Following Turkey’s Operation Euphrates Shield, which saw the Free Syrian Army (FSA), backed by Turkish forces, clear Daesh from the territory in north Syria between August 2016 and March 2017, the Idlib operation has been the second phase of Turkish direct involvement in Syria.
As a guarantor state within the Astana Talks, which Russia and Iran are also a party to, and as part of the mission to establish “de-escalation zones,” the main force of Turkish troops have entered Syria’s Idlib.
While the military convoys crossed from Reyhanli in southern Turkey’s Hatay province on Thursday night, the military announced that Turkish troops have crossed into Idlib in order to monitor de-escalation zones, with the aim to bring an end to the six-and-a-half-year conflict in Syria.
In a statement published by the Turkish Armed Forces (TSK), the military informed the soldiers had begun establishing observation points.
“Turkish Armed Forces elements that are to serve in the Idlib de-escalation zone have started their activities by establishing observation posts from Oct 12, 2017, as part of the Astana agreement…”

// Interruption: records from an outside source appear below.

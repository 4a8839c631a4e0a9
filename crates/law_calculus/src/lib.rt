//! The laws of the calculus: nothing here runs.
//!
//! Descriptors are sound (`descriptor_laws`): at each node of one the count is 0 exactly where the class is `Ok`, it is the
//! number of nodes with a cause from there on down (2^64 - 1 where there are more), and the kids' spans lie in the node's span,
//! in order and without overlap.
//!
//! A well-sorted module evaluates no ill-sorted expression (`sort_laws`). A module is well-sorted where there is a sort, number or
//! text, for each parameter of each declaration, with which each expression in it has the sort that its use asks for. It is plain
//! where only literals and the record's end are absorbed, separators are absorbed, and no two labels of an enum have one
//! spelling. Declarations may call themselves and each other in any order.
//!
//! What is evaluated is all that readings depend on (`evaluation_laws`): where expressions are worth something else than the
//! calculus takes them to be, a reading stays the same if that concerns none that it evaluates.
//!
//! Readings that were worked out by hand are computed on the definitions (`computed_rows`).
#![tactic(auto)]

mod computed_rows;
mod descriptor_laws;
mod evaluation_laws;
mod sort_laws;

pub use computed_rows::{a_pair_reads_by_the_rules, unsorted_readings_need_ill_sorted_worths};
pub use descriptor_laws::{
    readings_have_sound_descriptors, rows_have_sound_descriptors,
    rows_of_frames_have_sound_descriptors,
};
pub use evaluation_laws::{only_these_are_evaluated, sorted_readings_need_nothing_ill_sorted};
pub use sort_laws::{
    modules_have_sorts, readings_have_their_sorts, sorted_expressions_keep_their_sorts,
    sorted_modules_evaluate_nothing_ill_sorted,
};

“The Turkish Armed Forces continue to carry out their duties in the territory within the engagement rules agreed by the guarantor countries in the Astana negotiations.”
During the weekend, reconnaissance teams entered Idlib as part of an international agreement to establish four de-escalation zones cross Syria.
According to the statement released by the TSK, the de-escalation zones were created in order to “enhance the effectiveness of the cease-fire regime, end conflicts, bring humanitarian aid to those in need [and] establish the necessary conditions for the return of those displaced.”